Speaking of yesterday’s blog about the PA announcer for the Denver Nuggets, I found a workplace where there are very few believers – cargo ships. Each has a relatively small crew, around 20 men, and it would be a very difficult living and working environment. Into that breach step Seafarer Ministries, organizations that have been around since the early 1800s, ministering to crew members in ports around the world. Here’s the beginning of a report by Christianity Today:
Gary Roosma can attest to the challenges of organizing a worship service onboard a cargo ship. It’s a complicated process, reaching out to the rotating cast of captains aboard the ships in the Port of Vancouver, for a congregation of sailors who may or may not even want to gather. But experience has taught him it’s a worthwhile effort. He remembers one officer who accosted him with a question. “Where were you yesterday?” the man said. “We needed you yesterday.” When Roosma asked why, the sailor explained there was a horrible storm at sea and the captain had sent him to do something on the deck as the waves crashed around them. As he held onto a rail, a massive wave hit the ship and carried the man overboard, out to the open sea. “I knew I was dead,” the seafarer told Roosma. “All I could think of was ‘Lord, please watch over my family.’ And then I prayed, ‘It would be really nice if you would save me too.’” At the instant he prayed, the man recalled, a rope brushed across his chest, and he grasped it and held on with every ounce of his strength. He dislocated his arm, but his life was spared. “We need a service onboard this ship,” the man said, and Roosma, a chaplain at the Port of Vancouver with the Christian Reformed Church (CRC) Ministry to Seafarers agreed to lead them in prayer and worship that day.
What a strategic ministry! Bless the CRC’s Ministry to Seafarers and others like them.

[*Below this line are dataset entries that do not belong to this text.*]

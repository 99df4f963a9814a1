//! Wanted keys: the instances that are to be there (OSGi Compendium 8, chapter 112, "Immediate Component", "Delayed Component";
//! scopes: OSGi Core 8, chapter 5, "Service Scope"; keys are our own).
ghost use Rattle.component_state.specs.Components.{has_singleton_scope, provides_no_service};
ghost use Rattle.component_state.specs.declared.component.Component.{Component};
ghost use Rattle.component_state.specs.declared.open_period.OpenPeriod.{OpenPeriod};
ghost use Rattle.bundle_life.specs.declared.bundle.BundleLife.{BundleLife};
ghost use Rattle.scr_dues.specs.Desires.{are_desiring};
ghost use Rattle.scr_dues.specs.FirstDues.{missing_keys};
ghost use Rattle.scr_dues.specs.Wanting.{is_missing, is_used_where, is_wanted_where, keys_of_where, keys_where, missing_for_where};
ghost use Rattle.scr_world.specs.Wanted.{has_instance, is_got_by, is_immediate, missing};
ghost use Rattle.std.specs.List.{list_any};
ghost use Rattle.std.specs.Option.{option_copied};
ghost use Rattle.std.specs.Prelude.{◌≡◌, ◌==◌, ◌∷◌, ◌++◌, [], IfOk, OnOk, filter, find, flat_map, map};

use crate::desiring::{Desiring, all_desiring, are_desiring};
use crate::own_rows::OwnRows;
use crate::readiness::consumer_for;
use bundle_life::BundleLife;
use callback_orders::Key;
use component_dto::Scope;
use component_state::{Component, OpenPeriod};
use prop_map::OutOfMemory;
use scr_world::{Instance, World};
use std::alloc::Global;
use use_counts::UseRow;

fn is_immediate(component: &Component) -> bool
    ensures { result ≡ is_immediate component.now }
{
    let description = component.description.get();
    description.immediate || description.service_interfaces.as_slice().is_empty()
}

fn has_singleton_scope(component: &Component) -> bool
    ensures { result ≡ has_singleton_scope component.now.description.scope }
{
    matches!(component.description.get().scope, Scope::Singleton)
}

// Whether a bundle that an instance is for has got a service.
fn is_got(uses: &[UseRow], component: &Component, service: u64, consumer: u64) -> bool
    ensures { result ≡ list_any (is_got_by component.now service consumer) uses.now }
{
    uses.iter().any(|row| row.service == service && consumer_for(component, row.bundle) == consumer)
}

fn is_used(
    world: &World,
    desiring: &[Desiring],
    component: &Component,
    service: u64,
    consumer: u64,
) -> bool
    ensures { result ≡ is_used_where world.now (are_desiring desiring.now) component.now service consumer }
{
    service != 0
        && (are_desiring(desiring, component, service, consumer)
            || is_got(world.uses.rows(), component, service, consumer))
}

fn is_wanted(
    world: &World,
    desiring: &[Desiring],
    component: &Component,
    period: &OpenPeriod,
    consumer: u64,
) -> bool
    ensures { result ≡ is_wanted_where world.now (are_desiring desiring.now) component.now period.now consumer }
{
    (is_immediate(component) && consumer == 0)
        || is_used(world, desiring, component, period.row.id, consumer)
}

// A living instance is of this key.
fn has_instance(instances: &[Instance], key: Key) -> bool
    ensures { result ≡ has_instance instances.now key }
{
    instances.iter().any(|instance| {
        instance.origin.get().configuration == key.configuration
            && instance.consumer == key.consumer
    })
}

// Adds the key for a consumer, where it is wanted and has no instance.
fn add_key(
    found: &mut Vec<Key>,
    world: &World,
    desiring: &[Desiring],
    component: &Component,
    period: &OpenPeriod,
    consumer: u64,
) -> Result<(), OutOfMemory>
    ensures { OnOk result (found.new.items ≡ found.old.items
        ++ filter (is_missing world.now) (keys_where world.now (are_desiring desiring.now) component.now period.now (consumer ∷ []))) }
{
    let key = Key {
        configuration: component.number,
        consumer,
    };
    if !has_instance(world.instances.as_slice(), key)
        && is_wanted(world, desiring, component, period, consumer)
    {
        found.push(key)?;
    }
    Ok(())
}

fn add_bundle_keys(
    found: &mut Vec<Key>,
    world: &World,
    desiring: &[Desiring],
    component: &Component,
    period: &OpenPeriod,
    bundles: &[BundleLife],
) -> Result<(), OutOfMemory>
    ensures { OnOk result (found.new.items ≡ found.old.items
        ++ filter (is_missing world.now)
        (keys_where world.now (are_desiring desiring.now) component.now period.now (map (λ (b : BundleLife). b.number) bundles.now))) }
{
    for bundle in bundles {
        add_key(found, world, desiring, component, period, bundle.number)?;
    }
    Ok(())
}

fn add_keys_of(
    found: &mut Vec<Key>,
    world: &World,
    desiring: &[Desiring],
    component: &Component,
    period: &OpenPeriod,
) -> Result<(), OutOfMemory>
    ensures { OnOk result (found.new.items ≡ found.old.items
        ++ filter (is_missing world.now) (keys_of_where world.now (are_desiring desiring.now) component.now period.now)) }
{
    add_key(found, world, desiring, component, period, 0)?;
    if !has_singleton_scope(component) {
        add_bundle_keys(
            found,
            world,
            desiring,
            component,
            period,
            world.bundles.rows(),
        )?;
    }
    Ok(())
}

fn period_of(periods: &[OpenPeriod], configuration: u64) -> Option<&OpenPeriod>
    ensures { option_copied result ≡ find (λ (p : OpenPeriod). p.configuration == configuration) periods.now }
{
    periods
        .iter()
        .find(|period| period.configuration == configuration)
}

fn add_keys_for(
    found: &mut Vec<Key>,
    world: &World,
    desiring: &[Desiring],
    component: &Component,
) -> Result<(), OutOfMemory>
    ensures { OnOk result (found.new.items ≡ found.old.items ++ missing_for_where world.now (are_desiring desiring.now) component.now) }
{
    match period_of(world.open_periods.as_slice(), component.number) {
        Some(period) => add_keys_of(found, world, desiring, component, period),
        None => Ok(()),
    }
}

fn keys_for_all(
    alloc: Global,
    world: &World,
    desiring: &[Desiring],
    components: &[Component],
) -> Result<Vec<Key>, OutOfMemory>
    ensures { IfOk result (λ v. v.items ≡ flat_map (missing_for_where world.now (are_desiring desiring.now)) components.now) }
{
    let mut found = Vec::new(alloc);
    for component in components {
        add_keys_for(&mut found, world, desiring, component)?;
    }
    Ok(found)
}

pub(crate) fn missing_keys(
    alloc: Global,
    own: &OwnRows,
    world: &World,
) -> Result<Vec<Key>, OutOfMemory>
    ensures { IfOk result (λ v. v.items ≡ missing_keys world.now) }
{
    let desiring = all_desiring(alloc, own, world)?;
    let keys = keys_for_all(alloc, world, &desiring, world.components.as_slice())?;
    Ok(keys)
}

/// The wanted keys without an instance, by component configuration, then by consumer.
///
/// # Errors
/// Only want of memory.
pub fn missing(alloc: Global, own: &OwnRows, world: &World) -> Result<Vec<Key>, OutOfMemory>
    ensures { IfOk result (λ v. v.items ≡ missing world.now) }
{
    missing_keys(alloc, own, world)
}
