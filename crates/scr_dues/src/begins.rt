//! The turn that begins next (OSGi Compendium 8, chapter 112, "Component Life Cycle"; turns are our own).
ghost use Rattle.callback_orders.specs.Lives.{callback_of};
ghost use Rattle.callback_orders.specs.declared.due.DueRef.TheVariants.{Create as CreateDue};
ghost use Rattle.component_state.specs.declared.component.Component.{Component};
ghost use Rattle.prop_map.specs.Words.{with_places};
ghost use Rattle.reference_match.specs.Needs.{need_of};
ghost use Rattle.reference_match.specs.Targets.{chosen, targets};
ghost use Rattle.scr_dues.specs.Beginnings.{HasNextNumbers, step_of};
ghost use Rattle.scr_dues.specs.FirstDues.{first_due_in, next_step};
ghost use Rattle.scr_dues.specs.Makings.{AreNumbered, IsThatFar};
ghost use Rattle.scr_world.specs.Dues.{begin_for, begin_of, choice_for, choices, choices_of, instance_in, next_begin};
ghost use Rattle.scr_world.specs.Worlds.{all_instances, registered_services};
ghost use Rattle.scr_world.specs.declared.instance.Instance.{Instance};
ghost use Rattle.component_dto.specs.declared.description.Reference.{Reference};
ghost use Rattle.std.specs.List.{slice_index_or};
ghost use Rattle.std.specs.Option.{option_copied, option_map_or};
ghost use Rattle.std.specs.Prelude.{◌≡◌, ◌==◌, [], IfOk, Some, find, flat_map, map, option_map};

use crate::beginnings::{Beginning, boxed};
use crate::components::references_in;
use crate::desires::{is_static, targets};
use crate::dues::first_due_in;
use crate::following::{followed, known_now};
use crate::making::Making;
use crate::own_rows::OwnRows;
use callback_orders::{Callback, DueRef, Key};
use component_dto::Reference;
use component_state::{Choice, Component, component_of};
use prop_map::{Copies, List, OutOfMemory, Properties, Str};
use reference_match::{chosen, need_of};
use scr_world::{Instance, Step, World};
use std::alloc::Global;

fn choice(
    alloc: Global,
    own: &OwnRows,
    world: &World,
    properties: &Properties,
    place: u64,
    reference: &Reference,
) -> Result<Choice, OutOfMemory>
    ensures { IfOk result (λ c. c ≡ record {
      reference = place;
      services = (let n = need_of properties.now reference.now in chosen n (targets n (registered_services world.now)));
    }) }
{
    let need = need_of(alloc, properties, reference)?;
    let services = targets(alloc, own, world, &need)?;
    Ok(Choice {
        reference: place,
        services: List::of(chosen(alloc, &need, &services)?),
    })
}

// What is chosen for each of these references that is static.
fn choices_for(
    alloc: Global,
    own: &OwnRows,
    world: &World,
    properties: &Properties,
    references: &[Reference],
) -> Result<Vec<Choice>, OutOfMemory>
    ensures { IfOk result (λ v. v.items ≡ flat_map (choice_for (registered_services world.now) properties.now) (with_places 0 references.now)) }
{
    let mut found = Vec::new(alloc);
    for (at, reference) in references.iter().enumerate() {
        if is_static(reference.policy) {
            found.push(choice(alloc, own, world, properties, at as u64, reference)?)?;
        }
    }
    Ok(found)
}

fn choices_by(
    alloc: Global,
    own: &OwnRows,
    world: &World,
    component: Option<&Component>,
) -> Result<Vec<Choice>, OutOfMemory>
    ensures { IfOk result (λ v. v.items ≡ option_map_or (choices_of (registered_services world.now)) (option_copied component.entry) []) }
{
    match component {
        Some(component) => {
            let references = component.description.get().references.as_slice();
            choices_for(alloc, own, world, &component.properties, references)
        }
        None => Ok(Vec::new(alloc)),
    }
}

/// What an instance of a component configuration chooses at its Create for each static reference.
///
/// # Errors
/// Only want of memory.
pub fn choices(
    alloc: Global,
    own: &OwnRows,
    world: &World,
    configuration: u64,
) -> Result<Vec<Choice>, OutOfMemory>
    ensures { IfOk result (λ v. v.items ≡ choices world.now configuration) }
{
    choices_by(
        alloc,
        own,
        world,
        component_of(world.components.as_slice(), configuration),
    )
}

// The name of the reference at a place, empty where there is none.
fn name_at(alloc: Global, references: &[Reference], place: usize) -> Result<Str, OutOfMemory>
    ensures { IfOk result (λ name. name ≡ slice_index_or (map (λ (r : Reference). r.name) references.now) place []) }
{
    match references.get(place) {
        Some(reference) => reference.name.copy(alloc),
        None => Ok(Str::of(String::new(alloc))),
    }
}

fn callback_of(
    alloc: Global,
    references: &[Reference],
    due: DueRef,
) -> Result<Callback, OutOfMemory>
    ensures { IfOk result (λ c. c ≡ callback_of (map (λ (r : Reference). r.name) references.now) due) }
{
    Ok(match due {
        DueRef::Create { .. } => Callback::Create,
        DueRef::Bind {
            reference,
            service,
            ..
        } => Callback::Bind {
            reference: name_at(alloc, references, reference)?,
            service,
        },
        DueRef::Updated {
            reference,
            service,
            ..
        } => Callback::Updated {
            reference: name_at(alloc, references, reference)?,
            service,
        },
        DueRef::Unbind {
            reference,
            service,
            ..
        } => Callback::Unbind {
            reference: name_at(alloc, references, reference)?,
            service,
        },
        DueRef::Activate { .. } => Callback::Activate,
        DueRef::Modified { .. } => Callback::Modified,
        DueRef::Deactivate { .. } => Callback::Deactivate,
        DueRef::Destroy { .. } => Callback::Destroy,
    })
}

// The instance whose callback is due, 0 at a Create.
fn instance_in(due: DueRef) -> u64
    ensures { result ≡ instance_in due }
{
    match due {
        DueRef::Create { .. } => 0,
        DueRef::Bind { instance, .. }
        | DueRef::Updated { instance, .. }
        | DueRef::Unbind { instance, .. }
        | DueRef::Activate { instance }
        | DueRef::Modified { instance }
        | DueRef::Deactivate { instance }
        | DueRef::Destroy { instance } => instance,
    }
}

/// The first of these instances that has a number. It takes no memory.
pub(crate) fn instance_among(instances: &[Instance], number: u64) -> Option<&Instance>
    ensures { option_copied result ≡ find (λ (i : Instance). i.number == number) instances.now }
{
    instances.iter().find(|instance| instance.number == number)
}

/// The living instance of a number, the whiteboard's too. It takes no memory.
pub fn instance_of(world: &World, number: u64) -> Option<&Instance>
    ensures { option_copied result ≡ find (λ (i : Instance). i.number == number) (all_instances world.now) }
{
    let whiteboard = &world.whiteboard;
    if whiteboard.number == number {
        Some(whiteboard)
    } else {
        instance_among(world.instances.as_slice(), number)
    }
}

fn begin_for(
    alloc: Global,
    own: &OwnRows,
    world: &World,
    due: DueRef,
    instance: &Instance,
) -> Result<Beginning, OutOfMemory>
    requires { HasNextNumbers world.now }
    ensures { IfOk result (λ b. step_of b ≡ begin_for world.now due instance.now) }
{
    let turn = world.turns_begun + 1;
    let callback = callback_of(alloc, references_in(own, world, instance), due)?;
    Ok(Beginning {
        turn,
        instance: instance.number,
        configuration: instance.origin.get().configuration,
        consumer: instance.consumer,
        callback,
        chosen: List::of(Vec::new(alloc)),
    })
}

fn create_for(
    alloc: Global,
    own: &OwnRows,
    world: &World,
    key: Key,
) -> Result<Beginning, OutOfMemory>
    requires { HasNextNumbers world.now }
    ensures { IfOk result (λ b. Some (step_of b) ≡ begin_of world.now (CreateDue key)) }
{
    let turn = world.turns_begun + 1;
    let instance = world.instances_numbered + 1;
    let chosen = choices(alloc, own, world, key.configuration)?;
    Ok(Beginning {
        turn,
        instance,
        configuration: key.configuration,
        consumer: key.consumer,
        callback: Callback::Create,
        chosen: List::of(chosen),
    })
}

// The beginning of the turn of a due callback that isn't a Create.
fn begin_told(
    alloc: Global,
    own: &OwnRows,
    world: &World,
    due: DueRef,
) -> Result<Option<Beginning>, OutOfMemory>
    requires { HasNextNumbers world.now }
    ensures { IfOk result (λ o. option_map step_of o
        ≡ option_map (begin_for world.now due) (find (λ (i : Instance). i.number == instance_in due) (all_instances world.now))) }
{
    match instance_of(world, instance_in(due)) {
        Some(instance) => Ok(Some(begin_for(alloc, own, world, due, instance)?)),
        None => Ok(None),
    }
}

fn begin_of(
    alloc: Global,
    own: &OwnRows,
    world: &World,
    due: DueRef,
) -> Result<Option<Beginning>, OutOfMemory>
    requires { HasNextNumbers world.now }
    ensures { IfOk result (λ o. option_map step_of o ≡ begin_of world.now due) }
{
    if let DueRef::Create { key } = due {
        return Ok(Some(create_for(alloc, own, world, key)?));
    }
    begin_told(alloc, own, world, due)
}

// The beginning of the turn of the first due callback, if one is due.
fn next_beginning(
    alloc: Global,
    own: &OwnRows,
    world: &World,
    due: Option<DueRef>,
) -> Result<Option<Beginning>, OutOfMemory>
    requires due { due ≡ first_due_in world.now }
    requires next { HasNextNumbers world.now }
    ensures { IfOk result (λ o. option_map step_of o ≡ next_step world.now) }
{
    match due {
        Some(due) => begin_of(alloc, own, world, due),
        None => Ok(None),
    }
}

// The step that begins the first due callback, if one is due.
fn step_for(
    alloc: Global,
    own: &OwnRows,
    world: &World,
    due: Option<DueRef>,
) -> Result<Option<Box<Step>>, OutOfMemory>
    requires due { due ≡ first_due_in world.now }
    requires next { HasNextNumbers world.now }
    ensures { IfOk result (λ o. option_map (λ step. step.value) o ≡ next_begin world.now) }
{
    match next_beginning(alloc, own, world, due)? {
        Some(beginning) => Ok(Some(boxed(alloc, beginning)?)),
        None => Ok(None),
    }
}

/// The step that begins the first due callback, if one is due.
///
/// # Errors
/// Only want of memory.
pub fn next_begin(
    alloc: Global,
    own: &OwnRows,
    world: &World,
) -> Result<Option<Box<Step>>, OutOfMemory>
    requires { HasNextNumbers world.now }
    ensures { IfOk result (λ o. option_map (λ step. step.value) o ≡ next_begin world.now) }
{
    let due = first_due_in(alloc, own, world, Making::none())?;
    step_for(alloc, own, world, due)
}

/// The same, where it's known how far an instance in the making is: then its references before that place aren't looked at. What is
/// known then, in the same world, is put in its place.
///
/// # Errors
/// Only want of memory.
pub fn next_begin_from(
    alloc: Global,
    own: &OwnRows,
    world: &World,
    making: &mut Making,
) -> Result<Option<Box<Step>>, OutOfMemory>
    requires numbered { AreNumbered world.now }
    requires next { HasNextNumbers world.now }
    requires far { IsThatFar world.now making.old }
    ensures next { IfOk result (λ o. option_map (λ step. step.value) o ≡ next_begin world.now) }
    ensures far { IsThatFar world.now making.new }
{
    let known = known_now(alloc, own, world, *making)?;
    let due = first_due_in(alloc, own, world, known)?;
    *making = followed(own, world, known, due);
    step_for(alloc, own, world, due)
}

But as I read the report, I was thinking, wouldn’t it be nice if there were disciple-makers among the crews of the ships? The Navigators’ ministry exploded during World War 2 when hundreds of Navigator-trained sailors were on warships for years with tens of thousands of others (who couldn’t get away!). Unfortunately, the challenge with cargo ships is that the crews are much smaller. But the principle is there:
And Jesus went throughout all the cities and villages, teaching in their synagogues and proclaiming the gospel of the kingdom and healing every disease and every affliction. When he saw the crowds, he had compassion for them, because they were harassed and helpless, like sheep without a shepherd. Then he said to his disciples, “The harvest is plentiful, but the laborers are few; therefore pray earnestly to the Lord of the harvest to send out laborers into his harvest.” (Matthew 9.35 – 38, ESV)
I’m 76. I don’t even like ships. But I can pray that there will be more disciple-makers among the crews of merchant marine ships.